High energy ship collisions with bottom supported offshore wind turbines

• Main Author: Ramberg, Henriette Flathaug
• Format: Others
• Language: English
• Published: Norges teknisk-naturvitenskapelige universitet, Institutt for marin teknikk 2011
• Online Access: http://urn.kb.se/resolve?urn=urn:nbn:no:ntnu:diva-15532

Offshore wind farming is an industry under development and involves challenges. The farms might be located close to ship trading routes. This increases the risk of ship-wind farm impact, causing economic losses, environmental pollution and human fatalities. The first part of this report describes various bottom supported wind farm technologies and presents a discussion of the risk picture considering oil spill due to this collision event. A review of relevant standards is enclosed. The main part of this thesis considers finite element modelling and simulations of impact between a jacket supported wind turbine and a large oil tanker.
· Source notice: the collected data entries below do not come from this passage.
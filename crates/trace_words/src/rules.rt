//! Changes that have rules or carry a message. To read them takes memory.

ghost use Rattle.std.specs.Prelude.{◌≡◌, [], option_map, IfOk};
ghost use Rattle.std.specs.List.{list_any};
ghost use Rattle.std.specs.Result.{result_ok};
ghost use Rattle.hex.specs.Hex.{decode_of};
ghost use Rattle.seq_bus_core.specs.Changes.{no_call};
ghost use Rattle.seq_bus_core.specs.declared.change.Change.TheVariants.{AddMatch, Hold, RemoveMatch};
ghost use Rattle.trace_words.specs.Changes.{Read, change_from, monitor_from, named_from, rule_in, rule_of, rule_of_bytes, ruled_from, rules_from, rules_of};
ghost use Rattle.trace_words.specs.Cutting.{parts_left};
ghost use Rattle.trace_words.specs.Hex.{bytes_of, hex_bytes, is_upper_case};

use crate::changes::{NO_CALL, plain_change};
use crate::parts::Parts;
use crate::texts::utf8;
use crate::words::{name, number};
use hex::FromHexError;
use match_rules::Rule;
use seq_bus_core::{Change, MonitorRules, SharedBytes};
use std::alloc::{AllocError, Global};
use std::sync::Arc;

/// Decodes digits.
fn decoded(alloc: Global, digits: &[u8]) -> Result<Option<Vec<u8>>, AllocError>
    ensures { IfOk result (λ bytes. option_map (λ b. b.items) bytes
        ≡ result_ok (decode_of digits.now)) }
{
    match hex::decode(alloc, digits) {
        Ok(bytes) => Ok(Some(bytes)),
        Err(FromHexError::OutOfMemory) => Err(AllocError),
        Err(_) => Ok(None),
    }
}

/// Whether one of these is a letter in upper case.
fn has_upper_case(digits: &[u8]) -> bool
    ensures { result ≡ list_any is_upper_case digits.now }
{
    digits.iter().any(|digit| *digit > 64 && *digit < 91)
}

/// Decodes digits in lower case.
fn hex_bytes(alloc: Global, digits: &[u8]) -> Result<Option<Vec<u8>>, AllocError>
    ensures { IfOk result (λ bytes. option_map (λ b. b.items) bytes ≡ hex_bytes digits.now) }
{
    if has_upper_case(digits) {
        return Ok(None);
    }
    decoded(alloc, digits)
}

/// Reads bytes in hex behind an x.
pub(crate) fn bytes(alloc: Global, word: &[u8]) -> Result<Option<Vec<u8>>, AllocError>
    ensures { IfOk result (λ bytes. option_map (λ b. b.items) bytes ≡ bytes_of word.now) }
{
    let Some((first, digits)) = word.split_first() else {
        return Ok(None);
    };
    if *first != b'x' {
        return Ok(None);
    }
    hex_bytes(alloc, digits)
}

/// The rule of a text that is one.
#[tactic(auto, using(crate::proofs::RuleReading::rule_reads, crate::proofs::RuleReading::fault_reads))]
fn rule_in(text: &str) -> Option<Rule>
    ensures { result ≡ rule_in text.now }
{
    match Rule::parse(text) {
        Ok(rule) => Some(rule),
        Err(_) => None,
    }
}

fn rule_of_bytes(bytes: &[u8]) -> Option<Rule>
    ensures { result ≡ rule_of_bytes bytes.now }
{
    match utf8(bytes) {
        Some(text) => rule_in(text),
        None => None,
    }
}

/// Reads a rule.
fn rule(alloc: Global, word: &str) -> Result<Option<Rule>, AllocError>
    ensures { IfOk result (λ rule. rule ≡ rule_of word.now) }
{
    match bytes(alloc, word.as_bytes())? {
        Some(bytes) => Ok(rule_of_bytes(bytes.as_slice())),
        None => Ok(None),
    }
}

/// Reads rules, of which a monitor may have as many as they are.
fn rules_in(alloc: Global, mut words: Parts<'_>) -> Result<Option<MonitorRules>, AllocError>
    ensures { IfOk result (λ rules. rules ≡ rules_from [] (parts_left words.entry)) }
{
    let mut rules = MonitorRules::new(alloc);
    while let Some(word) = words.take() {
        if rules.is_full() {
            return Ok(None);
        }
        let Some(rule) = rule(alloc, word)? else {
            return Ok(None);
        };
        rules.push(rule)?;
    }
    Ok(Some(rules))
}

fn rules(alloc: Global, word: &str) -> Result<Option<MonitorRules>, AllocError>
    ensures { IfOk result (λ rules. rules ≡ rules_of word.now) }
{
    if word == "-" {
        return Ok(Some(MonitorRules::new(alloc)));
    }
    rules_in(alloc, Parts::of(word, ','))
}

/// Reads a connection and a rule.
fn ruled(alloc: Global, words: &mut Parts<'_>) -> Result<Option<(u64, Rule)>, AllocError>
    ensures { IfOk result (λ ruled. option_map (λ r. (r, parts_left words.new)) ruled
        ≡ ruled_from (parts_left words.old)) }
{
    let Some(connection) = words.take() else {
        return Ok(None);
    };
    let Some(text) = words.take() else {
        return Ok(None);
    };
    let Some(connection) = number(connection) else {
        return Ok(None);
    };
    match rule(alloc, text)? {
        Some(rule) => Ok(Some((connection, rule))),
        None => Ok(None),
    }
}

fn become_monitor(alloc: Global, words: &mut Parts<'_>) -> Result<Option<Change>, AllocError>
    ensures { IfOk result (λ change. option_map (λ c. (c, parts_left words.new)) change
        ≡ monitor_from (parts_left words.old)) }
{
    let Some(connection) = words.take() else {
        return Ok(None);
    };
    let Some(texts) = words.take() else {
        return Ok(None);
    };
    let Some(connection) = number(connection) else {
        return Ok(None);
    };
    match rules(alloc, texts)? {
        Some(rules) => Ok(Some(Change::BecomeMonitor { connection, rules })),
        None => Ok(None),
    }
}

/// A message that is not there.
fn no_message(alloc: Global) -> Result<SharedBytes, AllocError>
    ensures { IfOk result (λ message. message ≡ []) }
{
    match Arc::new(alloc, Vec::new(alloc)) {
        Ok(bytes) => Ok(SharedBytes::new(bytes)),
        Err(_) => Err(AllocError),
    }
}

fn hold(alloc: Global, words: &mut Parts<'_>) -> Result<Option<Change>, AllocError>
    ensures { IfOk result (λ change. option_map (λ c. (c, parts_left words.new)) change
        ≡ named_from (λ c n. Hold c n no_call []) (parts_left words.old)) }
{
    let Some(connection) = words.take() else {
        return Ok(None);
    };
    let Some(wanted) = words.take() else {
        return Ok(None);
    };
    let Some(connection) = number(connection) else {
        return Ok(None);
    };
    let Some(name) = name(wanted) else {
        return Ok(None);
    };
    let message = no_message(alloc)?;
    Ok(Some(Change::Hold {
        connection,
        name,
        call: NO_CALL,
        message,
    }))
}

fn add_match(alloc: Global, words: &mut Parts<'_>) -> Result<Option<Change>, AllocError>
    ensures { let said : Read = option_map (λ r. (AddMatch r.0.0 r.0.1, r.1))
        (ruled_from (parts_left words.old)) in
        IfOk result (λ change. option_map (λ c. (c, parts_left words.new)) change ≡ said) }
{
    match ruled(alloc, words)? {
        Some((connection, rule)) => Ok(Some(Change::AddMatch { connection, rule })),
        None => Ok(None),
    }
}

fn remove_match(alloc: Global, words: &mut Parts<'_>) -> Result<Option<Change>, AllocError>
    ensures { let said : Read = option_map (λ r. (RemoveMatch r.0.0 r.0.1, r.1))
        (ruled_from (parts_left words.old)) in
        IfOk result (λ change. option_map (λ c. (c, parts_left words.new)) change ≡ said) }
{
    match ruled(alloc, words)? {
        Some((connection, rule)) => Ok(Some(Change::RemoveMatch { connection, rule })),
        None => Ok(None),
    }
}

/// Reads a change, and leaves the words behind it. None where they say no change; then some may be
/// taken.
pub fn read_change(alloc: Global, words: &mut Parts<'_>) -> Result<Option<Change>, AllocError>
    ensures { IfOk result (λ change. option_map (λ c. (c, parts_left words.new)) change
        ≡ change_from (parts_left words.old)) }
{
    let Some(verb) = words.take() else {
        return Ok(None);
    };
    if verb == "addmatch" {
        return add_match(alloc, words);
    }
    if verb == "removematch" {
        return remove_match(alloc, words);
    }
    if verb == "monitor" {
        return become_monitor(alloc, words);
    }
    if verb == "hold" {
        return hold(alloc, words);
    }
    Ok(plain_change(verb, words))
}
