//! The words of routes.

ghost use Rattle.std.specs.Prelude.{◌≡◌, ◌∷◌, None, option_map, IfOk, MatchOption};
ghost use Rattle.std.specs.Option.{option_copied};
ghost use Rattle.trace_words.specs.Cutting.{parts_left};
ghost use Rattle.trace_words.specs.RouteViews.{route_facts, route_words};
ghost use Rattle.trace_words.specs.Routes.{header_from, is_interface, is_member, is_path, kind_of, optional, route_from};
ghost use Rattle.trace_words.specs.Words.{is_bus_name};

use crate::arguments::{arguments, is_path};
use crate::parts::Parts;
use crate::route::Route;
use crate::words::{bit, is_bus_name, number};
use match_rules::MessageKind;
use names::{Interface, Member};
use std::alloc::{AllocError, Global};

fn kind(word: &str) -> Option<MessageKind>
    ensures { result ≡ kind_of word.now }
{
    if word == "1" {
        return Some(MessageKind::MethodCall);
    }
    if word == "2" {
        return Some(MessageKind::MethodReturn);
    }
    if word == "3" {
        return Some(MessageKind::Error);
    }
    if word == "4" {
        return Some(MessageKind::Signal);
    }
    None
}

fn path(word: &str) -> Option<Option<&str>>
    ensures { option_map (λ p. option_copied p) result ≡ optional is_path word.now }
{
    if word == "-" {
        return Some(None);
    }
    if is_path(word) {
        Some(Some(word))
    } else {
        None
    }
}

fn interface(word: &str) -> Option<Option<&str>>
    ensures { option_map (λ i. option_copied i) result ≡ optional is_interface word.now }
{
    if word == "-" {
        return Some(None);
    }
    if Interface::check(word.as_bytes()).is_ok() {
        Some(Some(word))
    } else {
        None
    }
}

fn member(word: &str) -> Option<Option<&str>>
    ensures { option_map (λ m. option_copied m) result ≡ optional is_member word.now }
{
    if word == "-" {
        return Some(None);
    }
    if Member::check(word.as_bytes()).is_ok() {
        Some(Some(word))
    } else {
        None
    }
}

fn destination(word: &str) -> Option<Option<&str>>
    ensures { option_map (λ d. option_copied d) result ≡ optional is_bus_name word.now }
{
    if word == "-" {
        return Some(None);
    }
    if is_bus_name(word) {
        Some(Some(word))
    } else {
        None
    }
}

/// The words of a message, and those behind them.
#[derive(Clone, Copy)]
pub(crate) struct RouteWords<'a> {
    sender: &'a str,
    kind: &'a str,
    auto_start: &'a str,
    path: &'a str,
    interface: &'a str,
    member: &'a str,
    destination: &'a str,
    arguments: &'a str,
    behind: Parts<'a>,
}

/// Takes the words of a message behind its path.
fn words_behind<'a>(
    sender: &'a str,
    kind: &'a str,
    auto_start: &'a str,
    path: &'a str,
    mut words: Parts<'a>,
) -> Option<RouteWords<'a>>
    ensures { let all = sender.now ∷ kind.now ∷ auto_start.now ∷ path.now
        ∷ parts_left words.entry in
        MatchOption result (header_from all ≡ None) (λ taken. all ≡ route_words taken) }
{
    let interface = words.take()?;
    let member = words.take()?;
    let destination = words.take()?;
    let arguments = words.take()?;
    Some(RouteWords {
        sender,
        kind,
        auto_start,
        path,
        interface,
        member,
        destination,
        arguments,
        behind: words,
    })
}

/// Takes the words of a message.
fn route_words(mut words: Parts<'_>) -> Option<RouteWords<'_>>
    ensures { MatchOption result (header_from (parts_left words.entry) ≡ None)
        (λ taken. parts_left words.entry ≡ route_words taken) }
{
    let sender = words.take()?;
    let kind = words.take()?;
    let auto_start = words.take()?;
    let path = words.take()?;
    words_behind(sender, kind, auto_start, path, words)
}

/// Reads a message without its arguments out of its words.
fn header_in<'a>(alloc: Global, words: RouteWords<'a>) -> Option<Route<'a>>
    ensures { option_map
        (λ r. ((route_facts r, words.entry.arguments.now), parts_left words.entry.behind)) result
        ≡ header_from (route_words words.entry) }
{
    let sender = number(words.sender)?;
    let kind = kind(words.kind)?;
    let auto_start = bit(words.auto_start)?;
    let path = path(words.path)?;
    let interface = interface(words.interface)?;
    let member = member(words.member)?;
    let destination = destination(words.destination)?;
    Some(Route {
        kind,
        auto_start,
        sender,
        path,
        interface,
        member,
        destination,
        arguments: Vec::new(alloc),
    })
}

/// Reads a message without its arguments, and the word of these.
fn header<'a>(alloc: Global, words: &mut Parts<'a>) -> Option<(Route<'a>, &'a str)>
    ensures { option_map (λ h. ((route_facts h.0, h.1.now), parts_left words.new)) result
        ≡ header_from (parts_left words.old) }
{
    let taken = route_words(*words)?;
    let route = header_in(alloc, taken)?;
    *words = taken.behind;
    Some((route, taken.arguments))
}

/// Reads a message that was routed, and leaves the words behind it. None where they say no message;
/// then some may be taken.
pub fn read_route<'a>(alloc: Global, words: &mut Parts<'a>) -> Result<Option<Route<'a>>, AllocError>
    ensures { IfOk result (λ route. option_map (λ r. (route_facts r, parts_left words.new)) route
        ≡ route_from (parts_left words.old)) }
{
    let Some((header, word)) = header(alloc, words) else {
        return Ok(None);
    };
    let Some(arguments) = arguments(alloc, word)? else {
        return Ok(None);
    };
    Ok(Some(Route {
        kind: header.kind,
        auto_start: header.auto_start,
        sender: header.sender,
        path: header.path,
        interface: header.interface,
        member: header.member,
        destination: header.destination,
        arguments,
    }))
}
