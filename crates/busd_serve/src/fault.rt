//! Faults of a bus in the words of `busd serve`.

use busd_core::{Device, ServeFault, device_fault};
use routers::Fault;
use std::io;

/// The fault of a poll.
pub(crate) fn poll_fault(error: io::Error) -> ServeFault {
    device_fault(error, Device::Poll)
}

/// The fault of the socket that clients connect to.
pub(crate) fn listen_fault(error: io::Error) -> ServeFault {
    device_fault(error, Device::Listen)
}

/// The fault of routers.
pub(crate) fn fault_of(fault: Fault) -> ServeFault {
    match fault {
        Fault::Poll => ServeFault::Device(Device::Poll),
        Fault::Random => ServeFault::Device(Device::Random),
        Fault::Trace => ServeFault::Device(Device::Trace),
        Fault::Memory => ServeFault::Memory,
    }
}
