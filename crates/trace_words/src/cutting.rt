//! How a text is cut into parts.

ghost use Rattle.std.specs.Prelude.{◌≡◌, ◌<◌, [], ◌∷◌, MatchOption};
ghost use Rattle.trace_words.specs.Words.{parts};
ghost use Rattle.trace_words.specs.Cutting.{parts_left, texts_left};

use crate::parts::Parts;

/// Cuts a text at its first separator: the first part, and what stands behind it where there is a
/// separator.
fn cut(text: &str, separator: char) -> (&str, Option<&str>)
    requires { separator < 128 }
    ensures { parts separator text.now ≡ result.0.now ∷ texts_left separator result.1 }
{
    match text.split_once(separator) {
        Some((part, behind)) => (part, Some(behind)),
        None => (text, None),
    }
}

impl<'a> Parts<'a> {
    /// The parts of a text.
    pub fn of(text: &'a str, separator: char) -> Parts<'a>
        requires { separator < 128 }
        ensures { parts_left result ≡ parts separator text.now }
    {
        Parts {
            separator,
            rest: Some(text),
        }
    }

    /// Takes the next part.
    pub fn take(&mut self) -> Option<&'a str>
        ensures { MatchOption result ((parts_left self.old ≡ []) × (parts_left self.new ≡ []))
            (λ part. parts_left self.old ≡ part.now ∷ parts_left self.new) }
    {
        let text = self.rest?;
        let (part, behind) = cut(text, self.separator);
        self.rest = behind;
        Some(part)
    }
}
The goal with these analyses is to study the possibility of achieving the Bundesamt für Seeschifffahrt und Hydrographie standard "Design of Offshore Wind Turbines", requiring minor oil spill due to ship-wind turbine collision involving ship kinetic energy larger than 500 MJ. The standard requires that a risk analysis is performed to demonstrate that either the collision energy is absorbed by the structures or that it results in collapse of the wind turbine without damage of the ship hull. The wind turbine model is received from the company Virtual Prototyping. Geometric and load modifications are performed in order to obtain realistic results representative for the North Sea. The global response of the jacket is studied using the computer program USFOS. The ship is modelled drifting towards the corner of the jacket, hitting one leg. The ship is assumed to be rigid, not contributing to dissipate the collision energy. The contact between the structures is represented by a nonlinear spring. Different impact locations on the jacket are considered. Both collapse due to overall deformation of the installation and local damage of the tower is studied. In addition, failure of the nacelle bolts is investigated in order to verify the possibility of the nacelle dropping on the deck, penetrating the cargo tanks.